You can also use qp to compute quantities the pdf, cdf, ppf, etc… on any grid that you want, much of the functionality of scipy.stats distributions have been inherited by qp ensembles

newgrid = np.linspace(0.005, 2.995, 35)
naive_pdf = newens.pdf(newgrid)
point_cdf = pens.cdf(newgrid)
var_ppf = vens["output"].ppf(newgrid)
plt.plot(newgrid, naive_pdf[0])
[<matplotlib.lines.Line2D at 0x7f3ec780b7f0>]
../../../_images/Sampled_Summarizers_36_1.png
plt.plot(newgrid, point_cdf[0])
[<matplotlib.lines.Line2D at 0x7f3ec7a34400>]
../../../_images/Sampled_Summarizers_37_1.png
plt.plot(newgrid, var_ppf[0])
[<matplotlib.lines.Line2D at 0x7f3ec7a6c3d0>]
../../../_images/Sampled_Summarizers_38_1.png

Shifts

If you want to “shift” a PDF, you can just evaluate the PDF on a shifted grid, for example to shift the PDF by +0.0375 in redshift you could evaluate on a shifted grid. For now we can just do this “by hand”, we could easily implement shift functionality in qp, I think.
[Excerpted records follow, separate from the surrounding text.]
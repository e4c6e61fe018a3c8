ghost use Rattle.std.specs.Prelude.{◌≡◌, ◌<◌, ◌≤◌, ◌+◌, ◌*◌, [], ◌∷◌, ◌++◌, length, map, true, Some, slice_get, slice_index_or, pos};
ghost use Rattle.kts_abs.specs.Cells.{value_of};
ghost use Rattle.kts_abs.specs.InSpace.{any_of, only_of, rising};
ghost use Rattle.kts_code.specs.Operands.{read_at};
ghost use Rattle.kts_code.specs.States.{operand_of};
ghost use Rattle.kts_mean.specs.Bounds.{AreOffsets};
ghost use Rattle.kts_spec.specs.Data.{is_valid};
ghost use Rattle.kts_spec.specs.Places.{cell, entry};
ghost use Rattle.kts_spec.specs.Schedules.{all};
ghost use Rattle.kts_spec.specs.Schemas.{family_at};
ghost use Rattle.kts_spec.specs.Typing.{kind_of_type};
ghost use Rattle.kts_spec.specs.Worlds.{world_of, choice_of, given_of, table_of};
ghost use Rattle.kts_machine.specs.Items.{items_of, positions_of, sets_of, tuple_of as tuple_of_lem};
ghost use Rattle.kts_machine.specs.Joins.{both_of};
ghost use Rattle.kts_machine.specs.OfKind.{IsOf, IsNumberOf, HasKinds};
ghost use Rattle.kts_machine.specs.OperandViews.{shown};
ghost use Rattle.kts_machine.specs.Reading.{IsAccess, HasKindAt, item_in, value_at};

use crate::offsets::{Offsets, place};
use crate::operand::Operand;
use crate::up_to_two::UpToTwo;
use kts_abs::{Cell, hull, union};
use kts_rows::Row;
use kts_semi::{Semi, Window};
use kts_sets::{Choice, MemberSet};
use kts_spec::{Instance, Schema, ValueType};

/// The values of a family: of a choice its cells, from a place on; of a given its numbers.
#[derive(Clone, Copy)]
pub enum Values<'a, const W: usize> {
    Cells(&'a Row<Cell<W>>, usize),
    Numbers(&'a [i64]),
}

/// A family on data: the indexes of its arguments, its type and its values.
#[derive(Clone, Copy)]
pub struct Access<'a, const W: usize> {
    pub inst: &'a Instance,
    pub indexes: &'a [u32],
    pub kind: ValueType,
    pub values: Values<'a, W>,
}

/// The number alone, as a value of the type.
fn number<const W: usize>(kind: ValueType, n: i64) -> Cell<W>
    requires one_word { 1 ≤ W }
    requires few_words { W ≤ 1024 }
    requires fits { IsNumberOf kind n }
    ensures { value_of result ≡ any_of kind (only_of n ∷ []) }
{
    match kind {
        ValueType::Int { .. } => Cell::Win(Window::new(n, n).unwrap()),
        ValueType::Member(_) => {
            Cell::Mem(Choice::new(MemberSet::single(n as usize).unwrap()).unwrap())
        }
    }
}

fn number_at(numbers: &[i64], at: usize) -> i64
    ensures { result ≡ slice_index_or numbers.now at (pos 0) }
{
    if at < numbers.len() { numbers[at] } else { 0 }
}

/// The members of either set.
fn either<const W: usize>(ms: &Choice<W>, ns: &Choice<W>) -> Choice<W>
    ensures { map pos result ≡ rising (map pos ms.now ++ map pos ns.now) }
{
    // What a set is tells that it is valid.
    let _sets = (ms.set(), ns.set());
    union(ms, ns)
}

/// What either allows.
fn joined<const W: usize>(a: &Cell<W>, b: &Cell<W>) -> Cell<W>
    ensures { value_of result ≡ both_of (value_of a.now) (value_of b.now) }
{
    match (a, b) {
        (Cell::Win(v), Cell::Win(w)) => Cell::Win(hull(v, w)),
        (Cell::Mem(ms), Cell::Mem(ns)) => Cell::Mem(either(ms, ns)),
        _ => *a,
    }
}

fn least<const W: usize>(members: &Choice<W>) -> usize
    ensures first { slice_get members.now 0 ≡ Some result }
    ensures below { result < 64 * W }
    ensures few_words { W ≤ 1024 }
{
    match members.set().first() {
        Some(member) => member,
        None => unreachable!(),
    }
}

fn tuple_of(first: Option<usize>, last: usize) -> UpToTwo<usize>
    ensures { result ≡ tuple_of_lem first last }
{
    match first {
        Some(member) => UpToTwo::Two(member, last),
        None => UpToTwo::One(last),
    }
}

impl<'a, const W: usize> Access<'a, W> {
    /// The value at a place.
    fn value(&self, at: usize) -> Cell<W>
        requires one_word { 1 ≤ W }
        requires few_words { W ≤ 1024 }
        requires kind { HasKindAt self.now.kind at self.now.values }
        ensures { value_of result ≡ any_of self.now.kind (item_in self.now.values (Some at) ∷ []) }
    {
        match self.values {
            Values::Cells(row, first) => {
                if first + at < row.len() {
                    let cell = row.get(first + at);
                    // A size tells that its cell is valid.
                    let _size = cell.size();
                    cell
                } else {
                    number(self.kind, 0)
                }
            }
            Values::Numbers(numbers) => number(self.kind, number_at(numbers, at)),
        }
    }

    /// The value at a tuple.
    fn at(&self, tuple: UpToTwo<usize>) -> Cell<W>
        requires access { IsAccess self.now }
        requires long { length self.now.indexes.now ≡ length (items_of tuple) }
        ensures { value_of result ≡ any_of self.now.kind (value_at self.now (positions_of tuple) ∷ []) }
    {
        match place(self.inst, self.indexes, tuple) {
            Some(at) => self.value(at),
            None => number(self.kind, 0),
        }
    }

    /// What the values at the members of a set may be, after a first member where there is one.
    fn line(&self, first: Option<usize>, last: &Choice<W>) -> Cell<W>
        requires access { IsAccess self.now }
        requires long { length self.now.indexes.now ≡ length (items_of (tuple_of_lem first 0)) }
        ensures { value_of result ≡ any_of self.now.kind (map (λ m. value_at self.now (positions_of (tuple_of_lem first m))) last.now) }
    {
        let members = last.set();
        let least = least(last);
        let mut cell = self.at(tuple_of(first, least));
        let mut from = least + 1;
        while let Some(member) = members.from(from) {
            cell = joined(&cell, &self.at(tuple_of(first, member)));
            from = member + 1;
        }
        cell
    }

    /// What the values at the members of two sets may be.
    fn grid(&self, first: &Choice<W>, last: &Choice<W>) -> Cell<W>
        requires access { IsAccess self.now }
        requires long { length self.now.indexes.now ≡ 2 }
        ensures { value_of result ≡ any_of self.now.kind (map (value_at self.now) (all (map pos first.now ∷ map pos last.now ∷ []))) }
    {
        let members = first.set();
        // What a set is tells that it has a member.
        let _columns = last.set();
        let least = least(first);
        let mut cell = self.line(Some(least), last);
        let mut from = least + 1;
        while let Some(member) = members.from(from) {
            cell = joined(&cell, &self.line(Some(member), last));
            from = member + 1;
        }
        cell
    }

    /// What the values at all tuples of these sets may be.
    fn read(&self, sets: &UpToTwo<Choice<W>>) -> Cell<W>
        requires access { IsAccess self.now }
        requires long { length self.now.indexes.now ≡ length (items_of sets.now) }
        ensures { value_of result ≡ any_of self.now.kind (map (value_at self.now) (all (sets_of sets.now))) }
    {
        match sets {
            UpToTwo::Zero => self.at(UpToTwo::Zero),
            UpToTwo::One(last) => self.line(None, last),
            UpToTwo::Two(first, last) => self.grid(first, last),
        }
    }
}

/// A value of a type as an operand.
fn operand<const W: usize>(kind: ValueType, cell: &Cell<W>) -> Operand<W>
    requires { IsOf kind (value_of cell.now) }
    ensures { shown result ≡ operand_of (kind_of_type kind) (value_of cell.now) }
{
    match kind {
        ValueType::Int { .. } => match cell {
            Cell::Win(w) => Operand::Win(*w),
            Cell::Mem(_) => unreachable!(),
        },
        ValueType::Member(index) => match cell {
            Cell::Mem(members) => Operand::Set(index, *members),
            Cell::Win(_) => unreachable!(),
        },
    }
}

/// The indexes of the arguments of a given.
pub fn given_args(schema: &Schema, f: usize) -> &[u32]
    requires { f < length schema.now.givens }
    ensures { result.now ≡ (family_at schema.now.givens f).args }
{
    schema.givens().as_slice()[f].args().as_slice()
}

/// The indexes of the arguments of a choice.
pub fn choice_args(schema: &Schema, x: usize) -> &[u32]
    requires { x < length schema.now.choices }
    ensures { result.now ≡ (family_at schema.now.choices x).args }
{
    schema.choices().as_slice()[x].args().as_slice()
}

/// What a choice may be at all tuples of these sets.
pub fn read_choice<const W: usize>(
    schema: &Schema,
    inst: &Instance,
    offsets: &Offsets,
    row: &Row<Cell<W>>,
    x: usize,
    sets: &UpToTwo<Choice<W>>,
) -> Operand<W>
    requires one_word { 1 ≤ W }
    requires few_words { W ≤ 1024 }
    requires valid { is_valid schema.now inst.now ≡ true }
    requires offsets { AreOffsets (world_of schema.now inst.now) offsets.now }
    requires declared { x < length schema.now.choices }
    requires kinds { HasKinds (world_of schema.now inst.now) (map value_of row.now.cells) }
    requires long { length (choice_of (world_of schema.now inst.now) x).args ≡ length (items_of sets.now) }
    ensures { let w = world_of schema.now inst.now in
        shown result ≡ read_at (choice_of w x) (cell w x) (map value_of row.now.cells) (sets_of sets.now) }
{
    let family = &schema.choices().as_slice()[x];
    let access = Access {
        inst,
        indexes: family.args().as_slice(),
        kind: family.kind(),
        values: Values::Cells(row, offsets.first(x)),
    };
    let cell = access.read(sets);
    operand(access.kind, &cell)
}

/// What a given may be at all tuples of these sets.
pub fn read_given<const W: usize>(
    schema: &Schema,
    inst: &Instance,
    f: usize,
    sets: &UpToTwo<Choice<W>>,
) -> Operand<W>
    requires one_word { 1 ≤ W }
    requires few_words { W ≤ 1024 }
    requires valid { is_valid schema.now inst.now ≡ true }
    requires declared { f < length schema.now.givens }
    requires long { length (given_of (world_of schema.now inst.now) f).args ≡ length (items_of sets.now) }
    ensures { let w = world_of schema.now inst.now in
        shown result ≡ read_at (given_of w f) (entry w f) (map only_of (table_of w f)) (sets_of sets.now) }
{
    let family = &schema.givens().as_slice()[f];
    let access = Access {
        inst,
        indexes: family.args().as_slice(),
        kind: family.kind(),
        values: Values::Numbers(inst.values().as_slice()[f].as_slice()),
    };
    let cell = access.read(sets);
    operand(access.kind, &cell)
}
def_grid = np.linspace(0.0, 3.0, 41)
shift_grid = def_grid - 0.0675
native_nz = newens.pdf(def_grid)
shift_nz = newens.pdf(shift_grid)
fig = plt.figure(figsize=(12, 10))
plt.plot(def_grid, native_nz[0], label="original")
plt.plot(def_grid, shift_nz[0], label="shifted +0.0675")
plt.legend(loc="upper right")
<matplotlib.legend.Legend at 0x7f3ec7c4ed70>
../../../_images/Sampled_Summarizers_41_1.png

You can estimate how much shift you might expect based on the statistics of our bootstrap samples, say the std dev of the means for the NZDir-derived distribution:

results_dict["nzdir_means"]
array([0.91527627, 0.92144451, 0.92166271, 0.92410584, 0.92118734,
       0.91847357, 0.92651638, 0.91452663, 0.92038542, 0.92942564,
       0.93107928, 0.91022267, 0.92142493, 0.92510869, 0.91931933,
       0.92364447, 0.919305  , 0.92659316, 0.91014124, 0.92499533])
spread = np.std(results_dict["nzdir_means"])
spread
np.float64(0.005498408843907313)

Again, not a huge spread in predicted mean redshifts based solely on bootstraps, even with only ~20,000 galaxies.